* **SOURCE MATERIAL**:
= = = =

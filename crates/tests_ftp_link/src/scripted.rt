// A link to a server that says what a script has, and lists what is asked of it.
ghost use Rattle.std.specs.Prelude.{◌≤◌, length};
ghost use Rattle.link_source.specs.Link.{no_link};

use dl_kinds::IoErr;
use link_source::Links;
use std::alloc::Global;

#[derive(Debug, Drop)]
pub struct ScriptedLink {
    /// What is said behind each thing that is sent, in order. Behind the last of them the connection ends.
    replies: Vec<Vec<u8>>,
    next: usize,
    /// What the data connection gives.
    file: Vec<u8>,
    /// How many bytes come at once.
    cut: usize,
    /// How many bytes of the newest reply were given, and of the data.
    heard: usize,
    taken: usize,
    /// What was called, and what was sent.
    list: String,
}

// The next bytes from a place on, as many as fit.
fn give(bytes: &[u8], at: usize, cut: usize, into: &mut [u8]) -> usize
    ensures { result ≤ length into.new }
{
    let left = bytes.get(at..).unwrap_or(b"");
    let count = left.len().min(cut).min(into.len());
    into[..count].copy_from_slice(&left[..count]);
    count
}

impl ScriptedLink {
    pub fn new(alloc: Global, replies: Vec<Vec<u8>>, file: Vec<u8>, cut: usize) -> Self {
        ScriptedLink {
            replies,
            next: 0,
            file,
            cut,
            heard: 0,
            taken: 0,
            list: String::new(alloc),
        }
    }

    pub fn list(&self) -> &str {
        self.list.as_str()
    }

    // The newest reply.
    fn reply(&self) -> &[u8] {
        match self.replies.get(self.next.saturating_sub(1)) {
            Some(reply) => reply,
            None => b"",
        }
    }
}

// It never fails, and tells nothing.
impl Links for ScriptedLink {
    ghost use Rattle.std.specs.Prelude.{false};
    ghost use Rattle.link_source.specs.Link.{no_link};

    ghost tells = { false };

    ghost state = { λ _. no_link };

    ghost faults = { λ _. 0 };

    fn faults(&self) -> u64 {
        0
    }

    fn dial(&mut self, host: &str, port: u16) -> Result<(), IoErr> {
        write!(self.list, "dial {host} {port}|")?;
        Ok(())
    }

    fn send(&mut self, bytes: &[u8]) -> Result<(), IoErr> {
        match str::from_utf8(bytes) {
            Ok(text) => write!(self.list, "{text}")?,
            Err(_) => return Err(IoErr::NoMemory),
        }
        self.next = self.next.saturating_add(1);
        self.heard = 0;
        Ok(())
    }

    fn recv(&mut self, into: &mut [u8]) -> Result<usize, IoErr> {
        let count = give(self.reply(), self.heard, self.cut, into);
        self.heard = self.heard.saturating_add(count);
        Ok(count)
    }

    fn dial_data(&mut self, port: u16) -> Result<(), IoErr> {
        write!(self.list, "data {port}|")?;
        Ok(())
    }

    fn recv_data(&mut self, into: &mut [u8]) -> Result<usize, IoErr> {
        let count = give(&self.file, self.taken, self.cut, into);
        self.taken = self.taken.saturating_add(count);
        Ok(count)
    }

    fn hang_up(&mut self) {}
}
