// Lines of cases, each carried out behind the lines before it.
use crate::console::{Console, WHOLE};
use crate::messages::{content_of, one_client, posted, shown_response};
use crate::spelling::{repeated, shown};
use anyhow::{Result, bail};
use dl_kinds::Blob;
use std::alloc::Global;
use std::mem::replace;
use std::sync::Wait;

/// A run that lines go on with.
#[derive(Drop)]
pub struct Trial {
    alloc: Global,
    console: Console,
    // The options of the run, as its line has them.
    words: String,
    // How many bytes come at once, in a connection for each.
    cuts: Vec<u32>,
    // The clients that are to come.
    clients: Vec<Blob>,
    // The contents that were asked in the run, each as a request, and the responses to them.
    asked: Vec<u8>,
    answered: Vec<u8>,
}

fn cuts_of(alloc: Global, words: &str) -> Result<Vec<u32>> {
    let mut cuts = Vec::new(alloc);
    for word in words.split(' ') {
        cuts.push(word.parse::<u32>()?)?;
    }
    Ok(cuts)
}

// The numbers of calls behind `failing `, or none.
fn failing_of(alloc: Global, words: &str) -> Result<Vec<u64>> {
    let mut failing = Vec::new(alloc);
    for word in words.split(' ').skip(1) {
        failing.push(word.parse::<u64>()?)?;
    }
    Ok(failing)
}

fn copies_of(alloc: Global, clients: &[Blob]) -> Result<Vec<Blob>> {
    let mut copies = Vec::new(alloc);
    for client in clients {
        copies.push(client.copy(alloc)?)?;
    }
    Ok(copies)
}

impl Trial {
    /// Before the first line: a run with no options of its own.
    pub fn new(alloc: Global) -> Result<Trial> {
        let mut cuts = Vec::new(alloc);
        cuts.push(WHOLE)?;
        Ok(Trial {
            alloc,
            console: Console::new(alloc, "")?,
            words: String::new(alloc),
            cuts,
            clients: Vec::new(alloc),
            asked: Vec::new(alloc),
            answered: Vec::new(alloc),
        })
    }

    // Another run, with these options.
    fn begin(&mut self, words: &str) -> Result<()> {
        self.console = Console::new(self.alloc, words)?;
        self.words = String::from_str(self.alloc, words)?;
        self.clients.clear();
        self.asked.clear();
        self.answered.clear();
        Ok(())
    }

    // Ends the run, and tells what its history has.
    fn end(&mut self) -> Result<String> {
        let next = Console::new(self.alloc, "")?;
        replace(&mut self.console, next).end(self.alloc)
    }

    // What a client is sent for these bytes, of which so many come at once.
    fn sent_for(&mut self, rt: &impl Wait, bytes: &[u8], cut: u32) -> Result<Vec<u8>> {
        let clients = one_client(self.alloc, bytes.to_vec(self.alloc)?)?;
        let door = self
            .console
            .serve(rt, self.alloc, clients, cut, Vec::new(self.alloc))?;
        Ok(door.sent(0).to_vec(self.alloc)?)
    }

    // The response to a content.
    fn post(&mut self, rt: &impl Wait, content: &[u8]) -> Result<String> {
        let request = posted(self.alloc, content)?;
        let sent = self.sent_for(rt, &request, WHOLE)?;
        self.asked.extend_from_slice(&request)?;
        self.answered.extend_from_slice(&sent)?;
        shown_response(self.alloc, &sent)
    }

    // What a client is sent for these bytes, in each way in which they come.
    fn send(&mut self, rt: &impl Wait, bytes: &[u8]) -> Result<String> {
        let mut told = String::new(self.alloc);
        let mut before: Option<Vec<u8>> = None;
        let cuts = self.cuts.to_vec(self.alloc)?;
        for cut in cuts {
            let sent = self.sent_for(rt, bytes, cut)?;
            if before.as_ref() == Some(&sent) {
                continue;
            }
            if before.is_some() {
                write!(told, " {cut} AT ONCE: ")?;
            }
            told.push_str(shown(self.alloc, &sent)?.as_str())?;
            before = Some(sent);
        }
        Ok(told)
    }

    // What a client is sent for the first of these bytes, for each number of them.
    fn cut_off(&mut self, rt: &impl Wait, bytes: &[u8]) -> Result<String> {
        let mut told = String::new(self.alloc);
        let mut before: Option<Vec<u8>> = None;
        for count in 0..bytes.len() + 1 {
            let sent = self.sent_for(rt, &bytes[..count], WHOLE)?;
            if before.as_ref() != Some(&sent) {
                let shown = shown(self.alloc, &sent)?;
                let line = if count == 0 { "" } else { "\n  " };
                write!(told, "{line}{count} bytes: {shown}")?;
            }
            before = Some(sent);
        }
        Ok(told)
    }

    // The requests of the run come again, one behind another in one connection of a new run, and so many bytes at once.
    fn together(&mut self, rt: &impl Wait, cut: u32) -> Result<String> {
        let asked = self.asked.to_vec(self.alloc)?;
        let mut again = Console::new(self.alloc, self.words.as_str())?;
        let clients = one_client(self.alloc, asked)?;
        let door = again.serve(rt, self.alloc, clients, cut, Vec::new(self.alloc))?;
        let tally = again.end(self.alloc)?;
        let same = if door.sent(0) == self.answered.as_slice() {
            "the same responses"
        } else {
            "OTHER RESPONSES"
        };
        Ok(format!(in self.alloc; "{same}; {tally}")?)
    }

    // A client is to come, with these bytes.
    fn invite(&mut self, bytes: Vec<u8>) -> Result<()> {
        self.clients.push(Blob::wrap(bytes))?;
        Ok(())
    }

    // The clients come, one behind another: what each of them is sent, and how many calls were carried out.
    fn serve(&mut self, rt: &impl Wait, failing: Vec<u64>) -> Result<String> {
        let clients = copies_of(self.alloc, &self.clients)?;
        let before = self.console.calls();
        let door = self.console.serve(rt, self.alloc, clients, WHOLE, failing)?;
        let calls = self.console.calls().saturating_sub(before);
        let mut told = String::new(self.alloc);
        let mut number: u32 = 0;
        for _ in self.clients.iter() {
            let shown = shown(self.alloc, door.sent(number))?;
            number = number.saturating_add(1);
            write!(told, "{number}: {shown}\n  ")?;
        }
        write!(told, "calls: {calls}")?;
        Ok(told)
    }

    // Sets how the next lines are carried out; none for a line that asks something.
    fn set(&mut self, word: &str, rest: &str) -> Result<bool> {
        match word {
            "run" => self.begin(rest)?,
            "pieces" => self.cuts = cuts_of(self.alloc, rest)?,
            "at" => self.console.go_on(rest)?,
            "client" => self.invite(repeated(self.alloc, rest)?)?,
            _ => return Ok(false),
        }
        Ok(true)
    }

    // What comes of a line that asks something.
    fn ask(&mut self, rt: &impl Wait, word: &str, rest: &str) -> Result<String> {
        if let Some(content) = content_of(self.alloc, word, rest)? {
            return self.post(rt, &content);
        }
        match word {
            "send" => self.send(rt, &repeated(self.alloc, rest)?),
            "cut" => self.cut_off(rt, &repeated(self.alloc, rest)?),
            "serve" => self.serve(rt, failing_of(self.alloc, rest)?),
            "worker" => self.console.work(self.alloc, rest),
            "together" => self.together(rt, rest.parse::<u32>()?),
            "end" => self.end(),
            _ => bail!("no line of a case: {word}"),
        }
    }

    /// What comes of a line, if it asks something.
    pub fn told(&mut self, rt: &impl Wait, line: &str) -> Result<Option<String>> {
        if line.is_empty() || line.starts_with('#') {
            return Ok(None);
        }
        let (word, rest) = line.split_once(' ').unwrap_or((line, ""));
        if self.set(word, rest)? {
            return Ok(None);
        }
        Ok(Some(self.ask(rt, word, rest)?))
    }
}
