// A console at the desk of a run, over a disk and doors in memory.
use crate::history::{are_calls, tally};
use crate::operations::{operation_of, shown_answer};
use crate::spelling::repeated_text;
use anyhow::{Context, Result, bail, ensure};
use console_session::{Transcript, serve_door};
use dl_clock::{LATEST_MOMENT, MemClock};
use dl_disk::MemDisk;
use dl_kinds::{Blob, Moment};
use door_source::MemDoors;
use engine_core::Engine;
use option_set::{Num, Options, Word, read};
use std::alloc::Global;
use std::sync::Wait;
use turn_desk::{Desk, SoloDesk};

/// More doors than any run of the cases has.
const DOORS: u16 = 1_000;

/// As much as a door gives at once.
pub const WHOLE: u32 = 65_536;

/// A console, and the moment.
#[derive(Drop)]
pub struct Console {
    desk: SoloDesk<Engine<MemDisk>>,
    secret: Option<String>,
    most: u32,
    now: u64,
    sessions: u32,
    // The session of each call, and the place of its event, as the transcripts tell them.
    noted: Vec<(u32, u32)>,
}

// The options of a run, by words as `split=3`.
fn options_of(alloc: Global, words: &str) -> Result<Options> {
    let mut options = Options::new(alloc)?;
    for word in words.split(' ') {
        if let Some((name, value)) = word.split_once('=') {
            let value = repeated_text(alloc, value)?;
            options.apply(read(alloc, name, value.as_str())?);
        }
    }
    Ok(options)
}

// The secret that the options set.
fn secret_of(alloc: Global, options: &Options) -> Result<Option<String>> {
    match options.text(Word::RpcSecret) {
        Some(secret) => Ok(Some(String::from_str(alloc, secret)?)),
        None => Ok(None),
    }
}

// A run in which nothing happened, whose disk is empty.
fn desk_of(alloc: Global, options: Options) -> Result<SoloDesk<Engine<MemDisk>>> {
    let disk = MemDisk::new(alloc, Vec::new(alloc), Vec::new(alloc))?;
    match Engine::new(alloc, disk, 1, options, DOORS) {
        Ok(engine) => SoloDesk::new(alloc, engine).ok().context("no desk"),
        Err(_) => bail!("no engine"),
    }
}

impl Console {
    /// A console of a run with these options, as `split=3`, in which nothing happened, and whose disk is empty.
    pub fn new(alloc: Global, words: &str) -> Result<Console> {
        let options = options_of(alloc, words)?;
        let secret = secret_of(alloc, &options)?;
        let most = u32::try_from(options.number(Num::RpcMaxRequestSize))?;
        Ok(Console {
            desk: desk_of(alloc, options)?,
            secret,
            most,
            now: 0,
            sessions: 0,
            noted: Vec::new(alloc),
        })
    }

    // Notes the places of a session's calls.
    fn note(&mut self, transcript: Transcript) -> Result<()> {
        ensure!(
            transcript.session == self.sessions && transcript.starved == 0,
            "another transcript"
        );
        for place in transcript.places {
            self.noted.push((self.sessions, place))?;
        }
        Ok(())
    }

    /// Serves a door to which these clients come, one behind another. It gives at most so many bytes at once, and the calls of
    /// these numbers fail.
    pub fn serve(
        &mut self,
        rt: &impl Wait,
        alloc: Global,
        clients: Vec<Blob>,
        cut: u32,
        failing: Vec<u64>,
    ) -> Result<MemDoors> {
        let mut door = MemDoors::new(alloc, clients, cut.max(1), failing)?;
        let mut clock = MemClock::new(self.now.min(LATEST_MOMENT), 0);
        self.sessions = self.sessions.saturating_add(1);
        let secret = self.secret.as_ref().map(|secret| secret.as_str());
        let transcript = serve_door(
            rt,
            alloc,
            &mut self.desk,
            self.sessions,
            secret,
            self.most,
            &mut door,
            &mut clock,
        );
        self.note(transcript)?;
        Ok(door)
    }

    /// How many calls the transcripts note.
    pub fn calls(&self) -> usize {
        self.noted.len()
    }

    /// Goes on to a moment.
    pub fn go_on(&mut self, ms: &str) -> Result<()> {
        self.now = ms.parse::<u64>()?;
        Ok(())
    }

    /// What the operation of a worker is answered.
    pub fn work(&mut self, alloc: Global, line: &str) -> Result<String> {
        let op = operation_of(alloc, line, Moment(self.now))?;
        shown_answer(alloc, &self.desk.turn(op).said)
    }

    /// Ends the run, and tells how many events of each kind its history has. The calls in it have to be those that the
    /// transcripts note, each at its place.
    pub fn end(self, alloc: Global) -> Result<String> {
        let Console { desk, noted, .. } = self;
        let (_disk, journal) = desk.into_served().into_parts();
        ensure!(
            are_calls(&journal, &noted),
            "the history has other calls than the transcripts"
        );
        tally(alloc, &journal)
    }
}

= = = =

* **YOUR OBJECTIVE**:
The exercise is to copy out every line above that has the word "tells" in it.

* **SOLUTION TO THIS PROBLEM**:
// It never fails, and tells nothing.
    ghost tells = { false };
    // Ends the run, and tells what its history has.
    /// Ends the run, and tells how many events of each kind its history has. The calls in it have to be those that the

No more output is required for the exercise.